Your assignment | Only a slice of the listing below is wanted. Retype the lines from the one containing "OnOk result (self.new.faults" through the one containing "OnOk result (Grows", exactly, both ends included.

____

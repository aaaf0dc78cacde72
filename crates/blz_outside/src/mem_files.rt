//! Files in memory, of which any call can be made to fail.
ghost use Rattle.std.specs.Prelude.{◌≡◌, ◌<◌, ◌≤◌, ◌==◌, ◌↔◌, [], Some, map, length, vec_len, vec_capacity, option_map, IfSome, IsErrOf, IsNone};
ghost use Rattle.blz_outside.specs.Counts.{raised_count};
ghost use Rattle.blz_outside.specs.Files.{OnWhole, OnMore, OnFailed, UnlessFailed};
ghost use Rattle.blz_outside.specs.MemFiles.{file_of, bytes_at, FailsAt, TakesMemory};
ghost use Rattle.blz_outside.specs.declared.files.ReadFail;

use crate::counts::raise;
use crate::files::{End, Files, ReadFail};
use std::marker::Model;

/// Files in memory. The first file with a name counts, and a read of a missing name is a fault.
#[derive(Drop)]
pub struct MemFiles {
    files: Vec<(String, Vec<u8>)>,
    failing: Vec<u64>,
    calls: u64,
    faults: u64,
}

impl Model for MemFiles {
    ghost use Rattle.std.specs.Prelude.{map};
    ghost use Rattle.blz_outside.specs.MemFiles.{MemFilesView, file_of};

    ghost Value = { MemFilesView };

    ghost view = { λ source. record {
      files = map file_of source.files.items;
      failing = source.failing.items;
      calls = source.calls;
      faults = source.faults;
    } };
}

impl MemFiles {
    /// Files of these names and bytes. The calls of `read` whose numbers, counted from 1, are in
    /// `failing` are to fail.
    pub fn new(files: Vec<(String, Vec<u8>)>, failing: Vec<u64>) -> MemFiles
        ensures { result ≡ record {
          files = map file_of files.items;
          failing = failing.items;
          calls = 0;
          faults = 0;
        } }
    {
        MemFiles {
            files,
            failing,
            calls: 0,
            faults: 0,
        }
    }

    // The bytes of the file with the name, unless the last call counted is to fail.
    fn readable(&self, name: &str) -> Option<&[u8]>
        ensures none { IsNone result ↔ FailsAt self.now self.now.calls name.now }
        ensures some { IfSome result (λ bytes. bytes_at self.now.files name.now ≡ Some bytes.now) }
    {
        if self.failing.contains(&self.calls) {
            return None;
        }
        find(&self.files, name)
    }
}

impl Files for MemFiles {
    ghost held = { λ source. Some (bytes_at source.files) };

    ghost steady = { λ source. length source.failing == 0 };

    ghost faults = { λ source. source.faults };

    ghost use Rattle.std.proofs.Common.{rules};

    ghost steady_is_told = { λ source _. Prim.search rules };

    fn read(&mut self, name: &str, most: usize, into: &mut Vec<u8>) -> Result<End, ReadFail>
        // The files stay, and so does the list of the calls that are to fail.
        ensures files { self.new.files ≡ self.old.files }
        ensures failing { self.new.failing ≡ self.old.failing }

        // The call is counted. It fails exactly where its number is listed or no file has the name.
        ensures counted { self.new.calls ≡ raised_count self.old.calls }
        ensures fails { IsErrOf result ReadFail.Failed ↔ FailsAt self.old self.new.calls name.now }

        // `Failed` is one fault more, and every other answer leaves the count.
        ensures never_falls { self.old.faults ≤ self.new.faults }
        ensures failed_counted { OnFailed result (self.new.faults ≡ raised_count self.old.faults) }
        ensures others_keep { UnlessFailed result (self.new.faults ≡ self.old.faults) }

        // `Whole` gives the bytes of a file that has at most `most`.
        ensures whole_bytes { OnWhole result (bytes_at self.old.files name.now ≡ Some into.new.items) }
        ensures whole_within { OnWhole result (vec_len into.new ≤ most) }

        // `More` gives none of the bytes of a file that has more.
        ensures more_empty { OnMore result (into.new.items ≡ []) }
        ensures more_longer { OnMore result
            (IfSome (bytes_at self.old.files name.now) (λ bytes. most < length bytes)) }

        // Memory is taken only for a file that is to be read and that `into` has no room for.
        ensures no_memory { IsErrOf result ReadFail.NoMemory →
            TakesMemory self.old name.now most (vec_capacity into.old) }
    {
        self.calls = raise(self.calls);
        let Some(bytes) = self.readable(name) else {
            self.faults = raise(self.faults);
            return Err(ReadFail::Failed);
        };
        into.clear();
        if bytes.len() > most {
            return Ok(End::More);
        }
        into.extend_from_slice(bytes)?;
        Ok(End::Whole)
    }
}

// The bytes of the first file with the name.
fn find<'a>(files: &'a [(String, Vec<u8>)], name: &str) -> Option<&'a [u8]>
    ensures { option_map (λ bytes. bytes.now) result ≡ bytes_at (map file_of files.now) name.now }
{
    for file in files {
        if file.0.as_str() == name {
            return Some(file.1.as_slice());
        }
    }
    None
}
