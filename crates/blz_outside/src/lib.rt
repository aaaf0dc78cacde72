//! Where the program reads files and writes text: the traits `Files` and `Sink`, ends in memory that
//! tell all that they hold, and the real ends, which tell their faults alone.
#![tactic(auto)]

mod counts;
mod files;
mod mem_files;
mod mem_sink;
mod real;
mod sink;

pub use files::{End, Files, ReadFail};
pub use mem_files::MemFiles;
pub use mem_sink::MemSink;
pub use real::{RealFiles, RealSink};
pub use sink::{Failed, Sink};
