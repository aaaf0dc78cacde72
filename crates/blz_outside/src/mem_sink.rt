//! A sink in memory that keeps a limited number of bytes.
ghost use Rattle.std.specs.Prelude.{◌≡◌, ◌<◌, ◌≤◌, ◌↔◌, ◌++◌, [], Some, take, length, IsErr, IfOk, OnOk, OnErr};
ghost use Rattle.blz_outside.specs.Counts.{raised_count};
ghost use Rattle.blz_outside.specs.MemSink.{room_of};

use crate::counts::raise;
use crate::sink::{Failed, Sink};
use std::alloc::{AllocError, Global};
use std::marker::Model;

/// A sink in memory.
#[derive(Drop)]
pub struct MemSink {
    bytes: Vec<u8>,
    most: usize,
    faults: u64,
}

impl Model for MemSink {
    ghost use Rattle.std.specs.Prelude.{◌≤◌, vec_len, vec_capacity};
    ghost use Rattle.blz_outside.specs.MemSink.{MemSinkView};

    ghost Value = { MemSinkView };

    ghost view = { λ sink. record {
      bytes = sink.bytes.items;
      most = sink.most;
      faults = sink.faults;
    } };

    ghost invariant = { λ sink.
        (vec_len sink.bytes ≤ sink.most) × (sink.most ≤ vec_capacity sink.bytes) };
}

impl MemSink {
    /// An empty sink that keeps at most `most` bytes. It takes the memory for all of them at once.
    pub fn new(alloc: Global, most: usize) -> Result<MemSink, AllocError>
        ensures { IfOk result (λ sink. sink ≡ record { bytes = []; most = most; faults = 0 }) }
    {
        let bytes = Vec::with_capacity(alloc, most)?;
        Ok(MemSink {
            bytes,
            most,
            faults: 0,
        })
    }

    /// The bytes kept, in the order in which they were put.
    pub fn bytes(&self) -> &[u8]
        ensures bytes { result.now ≡ self.now.bytes }
        ensures within { length result.now ≤ self.now.most }
    {
        &self.bytes
    }
}

impl Sink for MemSink {
    ghost written = { λ sink. Some sink.bytes };

    ghost room = { λ sink. Some (room_of sink) };

    ghost faults = { λ sink. sink.faults };

    fn put(&mut self, piece: &[u8]) -> Result<(), Failed>
        // As many of the piece's first bytes are kept as fit, and the limit stays.
        ensures kept { self.new.bytes ≡ self.old.bytes ++ take (room_of self.old) piece.now }
        ensures within { length self.new.bytes ≤ self.new.most }
        ensures most { self.new.most ≡ self.old.most }

        // The call fails exactly where not all of them fit.
        ensures fails { IsErr result ↔ (room_of self.old < length piece.now) }

        // `Failed` is one fault more, and `Ok` leaves the count.
        ensures never_falls { self.old.faults ≤ self.new.faults }
        ensures failed_counted { OnErr result (self.new.faults ≡ raised_count self.old.faults) }
        ensures ok_keeps { OnOk result (self.new.faults ≡ self.old.faults) }
    {
        let space = self.most - self.bytes.len();
        let (front, rest) = piece.split_at(piece.len().min(space));
        self.bytes.extend_from_slice(front).unwrap();
        if !rest.is_empty() {
            self.faults = raise(self.faults);
            return Err(Failed);
        }
        Ok(())
    }
}
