//! A sink of text that counts its faults.
ghost use Rattle.std.specs.Prelude.{◌≡◌, ◌≤◌, ℕ, List, Option, IsOk, IfSome, OnOk, OnErr, length, take};
ghost use Rattle.blz_outside.specs.Counts.{Rose};
ghost use Rattle.blz_outside.specs.Sink.{Grows, Falls};

/// A piece wasn't written whole. The sink counted a fault.
#[derive(Debug, Drop, PartialEq, Eq)]
pub struct Failed;

/// A sink of text.
pub trait Sink {
    /// The bytes written so far, where they are told.
    ghost written: { Self → Option (List ℕ) };

    /// How many bytes more are sure to be taken, where it is told.
    ghost room: { Self → Option ℕ };

    /// The count of the writes that failed.
    ghost faults: { Self → ℕ };

    /// Writes the piece after what was written before.
    fn put(&mut self, piece: &[u8]) -> Result<(), Failed>
        // `Failed` comes only where the count rose, and `Ok` leaves the count.
        ensures never_falls { faults self.old ≤ faults self.new }
        ensures failed_rose { OnErr result (Rose (faults self.old) (faults self.new)) }
        ensures ok_keeps { OnOk result (faults self.new ≡ faults self.old) }

        // At `Ok` the whole piece was appended, and at `Failed` some count of its first bytes.
        ensures ok_grows { OnOk result (Grows (written self.old) (written self.new) piece.now) }
        ensures ok_falls { OnOk result (Falls (room self.old) (room self.new) (length piece.now)) }
        ensures failed_front { OnErr result ((count : ℕ) × (count ≤ length piece.now) ×
            Grows (written self.old) (written self.new) (take count piece.now) ×
            Falls (room self.old) (room self.new) count) }

        // A piece for which there is room is taken.
        ensures fitting { IfSome (room self.old) (λ left. length piece.now ≤ left → IsOk result) };
}
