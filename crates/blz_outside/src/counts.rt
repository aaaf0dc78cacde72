//! Counts of calls and of faults.
ghost use Rattle.std.specs.Prelude.{◌≡◌};
ghost use Rattle.blz_outside.specs.Counts.{raised_count, Rose};

// One more, up to the last value of a count.
pub(crate) fn raise(count: u64) -> u64
    ensures value { result ≡ raised_count count }
    ensures rose { Rose count result }
{
    count.saturating_add(1)
}
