// Rows of writes to the words, and what stands in the words behind them. There is no code here.
#![tactic(auto)]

____

Output for this task |
        ensures ok_keeps { OnOk result (self.new.faults ≡ self.old.faults) }
    {
        let space = self.most - self.bytes.len();
        let (front, rest) = piece.split_at(piece.len().min(space));
        self.bytes.extend_from_slice(front).unwrap();
        if !rest.is_empty() {
            self.faults = raise(self.faults);
            return Err(Failed);
        }
        Ok(())
    }
}
//! A sink of text that counts its faults.
ghost use Rattle.std.specs.Prelude.{◌≡◌, ◌≤◌, ℕ, List, Option, IsOk, IfSome, OnOk, OnErr, length, take};
ghost use Rattle.blz_outside.specs.Counts.{Rose};
ghost use Rattle.blz_outside.specs.Sink.{Grows, Falls};

/// A piece wasn't written whole. The sink counted a fault.
#[derive(Debug, Drop, PartialEq, Eq)]
pub struct Failed;

/// A sink of text.
pub trait Sink {
    /// The bytes written so far, where they are told.
    ghost written: { Self → Option (List ℕ) };

    /// How many bytes more are sure to be taken, where it is told.
    ghost room: { Self → Option ℕ };

    /// The count of the writes that failed.
    ghost faults: { Self → ℕ };

    /// Writes the piece after what was written before.
    fn put(&mut self, piece: &[u8]) -> Result<(), Failed>
        // `Failed` comes only where the count rose, and `Ok` leaves the count.
        ensures never_falls { faults self.old ≤ faults self.new }
        ensures failed_rose { OnErr result (Rose (faults self.old) (faults self.new)) }
        ensures ok_keeps { OnOk result (faults self.new ≡ faults self.old) }

        // At `Ok` the whole piece was appended, and at `Failed` some count of its first bytes.
        ensures ok_grows { OnOk result (Grows (written self.old) (written self.new) piece.now) }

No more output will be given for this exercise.